* [Task to complete]
Print the records exactly. Miss nothing.

* [Available data]
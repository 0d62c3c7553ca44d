//! Lists of terms in the order that a polynomial keeps.

ghost use Rattle.std.specs.Prelude.{◌≡◌, ◌+◌, ◌<◌, ◌++◌, All, OnOk, OnErr, IfOk, IfErr};
ghost use Rattle.prime_field.specs.Modulus.{value_of};
ghost use Rattle.poly_maps.specs.Mono.{degree};
ghost use Rattle.poly_maps.specs.Polynomial.{term_times, reduced, AreResidues, Descends, IsPolynomial};
ghost use Rattle.poly_maps.specs.Places.{IsThere, BelongsAt, AddsTerm};

use crate::{Mono, NoMemory};
use prime_field::Modulus;

/// The place of the monomial among the terms, or the place where its term belongs.
pub(crate) fn place<C>(terms: &[(Mono, C)], mono: &Mono) -> Result<usize, usize>
    requires { Descends terms.now }
    ensures there { IfOk result (IsThere terms.now mono.now) }
    ensures belongs { IfErr result (BelongsAt terms.now mono.now) }
{
    terms.binary_search_by(|term| mono.cmp(&term.0))
}

/// Adds the residue `c` to the coefficient of `mono`. Where memory runs out, the terms stay as they were.
pub(crate) fn add(
    terms: &mut Vec<(Mono, u64)>,
    m: Modulus,
    mono: Mono,
    c: u64,
) -> Result<(), NoMemory>
    requires polynomial { IsPolynomial terms.old.items }
    requires residues { AreResidues (value_of m) terms.old.items }
    requires residue { c < value_of m }
    ensures ok { OnOk result (AddsTerm (value_of m) terms.old.items terms.new.items mono c) }
    ensures err { OnErr result (terms.new.items ≡ terms.old.items) }
{
    // A monomial has eight exponents; the invariant of the terms asks it.
    let _exponents = mono.exponents();
    match place(terms, &mono) {
        Ok(place) => {
            let sum = m.add(terms[place].1, c);
            if sum == 0 {
                terms.remove(place);
            } else {
                terms[place] = (mono, sum);
            }
        }
        Err(place) => {
            if c != 0 {
                terms.insert(place, (mono, c))?;
            }
        }
    }
    Ok(())
}

/// Appends the products of one term with each of the others.
pub(crate) fn push_products(
    products: &mut Vec<(Mono, u64)>,
    m: Modulus,
    term: &(Mono, u64),
    others: &[(Mono, u64)],
) -> Result<(), NoMemory>
    requires degrees { All (λ other. degree term.now.0 + degree other.0 < 65536) others.now }
    requires left { term.now.1 < value_of m }
    requires right { AreResidues (value_of m) others.now }
    ensures { OnOk result (products.new.items ≡ products.old.items ++ reduced (value_of m) (term_times term.now others.now)) }
{
    for other in others {
        products.push((term.0.times(&other.0), m.mul(term.1, other.1)))?;
    }
    Ok(())
}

* [Solution]
repository 0d62c3c7553ca44d
//! Lists of terms in the order that a polynomial keeps.

ghost use Rattle.std.specs.Prelude.{◌≡◌, ◌+◌, ◌<◌, ◌++◌, All, OnOk, OnErr, IfOk, IfErr};
ghost use Rattle.prime_field.specs.Modulus.{value_of};
ghost use Rattle.poly_maps.specs.Mono.{degree};
ghost use Rattle.poly_maps.specs.Polynomial.{term_times, reduced, AreResidues, Descends, IsPolynomial};
ghost use Rattle.poly_maps.specs.Places.{IsThere, BelongsAt, AddsTerm};

use crate::{Mono, NoMemory};
use prime_field::Modulus;

/// The place of the monomial among the terms, or the place where its term belongs.
pub(crate) fn place<C>(terms: &[(Mono, C)], mono: &Mono) -> Result<usize, usize>
    requires { Descends terms.now }
    ensures there { IfOk result (IsThere terms.now mono.now) }
    ensures belongs { IfErr result (BelongsAt terms.now mono.now) }
{
    terms.binary_search_by(|term| mono.cmp(&term.0))
}

/// Adds the residue `c` to the coefficient of `mono`. Where memory runs out, the terms stay as they were.
pub(crate) fn add(
    terms: &mut Vec<(Mono, u64)>,
    m: Modulus,
    mono: Mono,
    c: u64,
) -> Result<(), NoMemory>
    requires polynomial { IsPolynomial terms.old.items }
    requires residues { AreResidues (value_of m) terms.old.items }
    requires residue { c < value_of m }
    ensures ok { OnOk result (AddsTerm (value_of m) terms.old.items terms.new.items mono c) }
    ensures err { OnErr result (terms.new.items ≡ terms.old.items) }
{
    // A monomial has eight exponents; the invariant of the terms asks it.
    let _exponents = mono.exponents();
    match place(terms, &mono) {
        Ok(place) => {
            let sum = m.add(terms[place].1, c);
            if sum == 0 {
                terms.remove(place);
            } else {
                terms[place] = (mono, sum);
            }
        }
        Err(place) => {
            if c != 0 {
                terms.insert(place, (mono, c))?;
            }
        }
    }
    Ok(())
}

/// Appends the products of one term with each of the others.
pub(crate) fn push_products(
    products: &mut Vec<(Mono, u64)>,
    m: Modulus,
    term: &(Mono, u64),
    others: &[(Mono, u64)],
) -> Result<(), NoMemory>
    requires degrees { All (λ other. degree term.now.0 + degree other.0 < 65536) others.now }
    requires left { term.now.1 < value_of m }
    requires right { AreResidues (value_of m) others.now }
    ensures { OnOk result (products.new.items ≡ products.old.items ++ reduced (value_of m) (term_times term.now others.now)) }
{
    for other in others {
        products.push((term.0.times(&other.0), m.mul(term.1, other.1)))?;
    }
    Ok(())
}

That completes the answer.